** Opening Exercise materials block **
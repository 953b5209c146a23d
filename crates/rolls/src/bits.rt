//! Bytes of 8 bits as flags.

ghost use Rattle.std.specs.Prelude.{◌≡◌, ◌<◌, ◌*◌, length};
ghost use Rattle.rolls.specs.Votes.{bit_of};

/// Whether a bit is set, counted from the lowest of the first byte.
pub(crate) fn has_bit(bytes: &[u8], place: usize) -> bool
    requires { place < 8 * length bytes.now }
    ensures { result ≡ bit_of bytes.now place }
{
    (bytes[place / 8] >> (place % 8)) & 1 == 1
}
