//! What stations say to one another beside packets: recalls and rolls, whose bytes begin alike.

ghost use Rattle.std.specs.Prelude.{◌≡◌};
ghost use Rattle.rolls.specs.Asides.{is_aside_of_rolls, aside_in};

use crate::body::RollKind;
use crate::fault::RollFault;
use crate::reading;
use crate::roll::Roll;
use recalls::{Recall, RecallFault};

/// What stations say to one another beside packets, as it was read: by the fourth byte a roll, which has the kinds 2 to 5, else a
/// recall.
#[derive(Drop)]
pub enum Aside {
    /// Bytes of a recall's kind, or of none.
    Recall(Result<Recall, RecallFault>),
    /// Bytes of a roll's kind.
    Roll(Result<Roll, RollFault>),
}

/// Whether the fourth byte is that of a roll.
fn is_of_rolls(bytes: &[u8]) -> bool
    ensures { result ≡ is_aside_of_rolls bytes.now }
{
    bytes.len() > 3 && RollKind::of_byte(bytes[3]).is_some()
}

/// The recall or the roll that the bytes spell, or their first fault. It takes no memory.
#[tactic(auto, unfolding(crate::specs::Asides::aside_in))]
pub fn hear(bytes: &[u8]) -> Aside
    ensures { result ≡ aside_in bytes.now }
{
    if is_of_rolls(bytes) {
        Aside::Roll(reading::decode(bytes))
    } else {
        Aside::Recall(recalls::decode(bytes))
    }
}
** Closing Exercise materials block **
** Opening Exercise materials block **
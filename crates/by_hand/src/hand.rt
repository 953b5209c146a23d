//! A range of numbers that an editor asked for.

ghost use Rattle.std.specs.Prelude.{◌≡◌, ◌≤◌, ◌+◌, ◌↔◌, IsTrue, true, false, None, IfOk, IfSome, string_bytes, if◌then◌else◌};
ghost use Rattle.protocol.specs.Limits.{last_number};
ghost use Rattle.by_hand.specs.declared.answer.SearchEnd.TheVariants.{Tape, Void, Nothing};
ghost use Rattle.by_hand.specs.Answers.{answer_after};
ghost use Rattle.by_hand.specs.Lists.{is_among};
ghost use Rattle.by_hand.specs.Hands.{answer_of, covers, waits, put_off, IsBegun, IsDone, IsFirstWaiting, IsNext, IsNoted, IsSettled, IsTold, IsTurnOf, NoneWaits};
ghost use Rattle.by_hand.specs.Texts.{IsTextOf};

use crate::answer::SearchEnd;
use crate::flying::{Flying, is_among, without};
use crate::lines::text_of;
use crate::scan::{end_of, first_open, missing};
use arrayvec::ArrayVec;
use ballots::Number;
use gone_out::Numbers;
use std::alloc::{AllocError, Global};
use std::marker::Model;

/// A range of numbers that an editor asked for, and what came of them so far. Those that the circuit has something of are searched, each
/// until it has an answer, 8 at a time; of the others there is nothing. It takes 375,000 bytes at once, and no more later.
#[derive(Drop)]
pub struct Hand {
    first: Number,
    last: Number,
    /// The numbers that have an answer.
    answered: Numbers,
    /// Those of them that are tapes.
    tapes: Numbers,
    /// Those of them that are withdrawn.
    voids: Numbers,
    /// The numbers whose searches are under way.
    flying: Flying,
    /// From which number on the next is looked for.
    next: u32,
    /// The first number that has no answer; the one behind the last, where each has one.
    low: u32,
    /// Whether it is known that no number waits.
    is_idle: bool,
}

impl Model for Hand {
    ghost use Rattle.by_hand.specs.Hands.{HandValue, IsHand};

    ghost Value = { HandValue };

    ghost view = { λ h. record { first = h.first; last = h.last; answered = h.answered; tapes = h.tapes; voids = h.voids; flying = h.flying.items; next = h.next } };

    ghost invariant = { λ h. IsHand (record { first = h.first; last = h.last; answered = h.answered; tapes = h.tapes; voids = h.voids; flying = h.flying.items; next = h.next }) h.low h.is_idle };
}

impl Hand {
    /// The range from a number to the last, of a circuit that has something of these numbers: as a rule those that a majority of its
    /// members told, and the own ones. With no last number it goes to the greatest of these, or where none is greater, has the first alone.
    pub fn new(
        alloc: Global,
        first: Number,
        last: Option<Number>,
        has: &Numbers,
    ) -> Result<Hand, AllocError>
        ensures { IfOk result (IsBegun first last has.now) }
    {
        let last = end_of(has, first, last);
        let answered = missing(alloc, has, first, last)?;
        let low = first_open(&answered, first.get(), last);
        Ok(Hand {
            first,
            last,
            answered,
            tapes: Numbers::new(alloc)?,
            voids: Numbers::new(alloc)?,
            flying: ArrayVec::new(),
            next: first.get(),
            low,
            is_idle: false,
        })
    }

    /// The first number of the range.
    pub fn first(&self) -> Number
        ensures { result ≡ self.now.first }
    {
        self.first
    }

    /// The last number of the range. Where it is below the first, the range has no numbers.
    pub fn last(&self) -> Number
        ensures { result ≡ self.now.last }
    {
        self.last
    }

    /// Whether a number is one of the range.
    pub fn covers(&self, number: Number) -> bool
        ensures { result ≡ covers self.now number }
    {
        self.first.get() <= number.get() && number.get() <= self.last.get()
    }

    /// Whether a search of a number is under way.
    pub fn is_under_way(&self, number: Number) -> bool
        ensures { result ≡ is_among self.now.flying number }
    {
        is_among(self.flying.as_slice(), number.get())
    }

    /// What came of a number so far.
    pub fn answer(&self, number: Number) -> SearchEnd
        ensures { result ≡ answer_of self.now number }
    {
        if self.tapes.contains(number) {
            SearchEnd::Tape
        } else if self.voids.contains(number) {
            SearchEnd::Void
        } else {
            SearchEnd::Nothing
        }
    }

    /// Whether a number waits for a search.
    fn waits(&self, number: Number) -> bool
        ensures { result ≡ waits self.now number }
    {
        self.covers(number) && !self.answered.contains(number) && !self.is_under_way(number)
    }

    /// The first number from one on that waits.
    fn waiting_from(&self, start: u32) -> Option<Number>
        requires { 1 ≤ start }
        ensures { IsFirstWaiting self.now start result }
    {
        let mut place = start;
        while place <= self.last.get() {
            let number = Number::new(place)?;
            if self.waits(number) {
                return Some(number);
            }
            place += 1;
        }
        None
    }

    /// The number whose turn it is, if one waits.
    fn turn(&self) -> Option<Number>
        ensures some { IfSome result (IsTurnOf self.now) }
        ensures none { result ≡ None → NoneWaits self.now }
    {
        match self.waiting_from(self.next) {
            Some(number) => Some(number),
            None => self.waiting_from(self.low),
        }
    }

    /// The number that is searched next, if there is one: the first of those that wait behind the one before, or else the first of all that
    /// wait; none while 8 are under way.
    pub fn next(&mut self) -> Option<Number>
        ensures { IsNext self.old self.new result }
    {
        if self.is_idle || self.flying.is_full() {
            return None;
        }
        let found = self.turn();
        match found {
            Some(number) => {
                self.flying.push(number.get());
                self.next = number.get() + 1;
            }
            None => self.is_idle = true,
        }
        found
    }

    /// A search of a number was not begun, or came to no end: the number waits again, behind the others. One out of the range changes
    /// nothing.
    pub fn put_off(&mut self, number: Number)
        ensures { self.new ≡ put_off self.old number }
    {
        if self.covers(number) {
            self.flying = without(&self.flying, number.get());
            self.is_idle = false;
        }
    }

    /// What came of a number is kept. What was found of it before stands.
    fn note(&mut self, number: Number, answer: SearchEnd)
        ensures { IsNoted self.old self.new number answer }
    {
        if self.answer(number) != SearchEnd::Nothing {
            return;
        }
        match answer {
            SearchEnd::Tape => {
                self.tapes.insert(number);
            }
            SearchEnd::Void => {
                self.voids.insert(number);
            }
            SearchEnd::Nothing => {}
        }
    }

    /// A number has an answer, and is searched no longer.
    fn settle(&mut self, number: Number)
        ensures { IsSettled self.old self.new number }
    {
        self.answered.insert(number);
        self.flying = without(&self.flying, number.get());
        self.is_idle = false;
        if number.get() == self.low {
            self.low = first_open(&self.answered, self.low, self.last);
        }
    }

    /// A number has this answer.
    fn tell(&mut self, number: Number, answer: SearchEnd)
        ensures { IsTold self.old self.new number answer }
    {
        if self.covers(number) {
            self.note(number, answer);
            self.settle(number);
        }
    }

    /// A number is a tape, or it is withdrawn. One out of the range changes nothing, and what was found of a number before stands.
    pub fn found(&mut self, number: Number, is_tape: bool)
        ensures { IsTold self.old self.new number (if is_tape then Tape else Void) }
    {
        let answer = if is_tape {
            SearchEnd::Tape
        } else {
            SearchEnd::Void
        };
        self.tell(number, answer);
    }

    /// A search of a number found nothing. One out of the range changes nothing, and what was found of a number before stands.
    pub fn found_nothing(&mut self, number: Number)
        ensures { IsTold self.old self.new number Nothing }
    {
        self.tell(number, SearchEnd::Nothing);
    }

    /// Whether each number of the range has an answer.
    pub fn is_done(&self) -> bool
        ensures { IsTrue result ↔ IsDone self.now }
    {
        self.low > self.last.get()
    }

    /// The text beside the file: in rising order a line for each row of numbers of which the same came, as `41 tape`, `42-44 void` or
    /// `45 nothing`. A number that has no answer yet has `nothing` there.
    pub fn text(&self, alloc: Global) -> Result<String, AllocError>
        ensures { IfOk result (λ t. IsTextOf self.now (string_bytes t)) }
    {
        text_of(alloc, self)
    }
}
** Closing Exercise materials block **
• To do: If a line in the entries above has the word "place", copy it.

• Solution for this task:
pub(crate) fn has_bit(bytes: &[u8], place: usize) -> bool
    requires { place < 8 * length bytes.now }
    ensures { result ≡ bit_of bytes.now place }
    (bytes[place / 8] >> (place % 8)) & 1 == 1
        let mut place = start;
        while place <= self.last.get() {
            let number = Number::new(place)?;
            place += 1;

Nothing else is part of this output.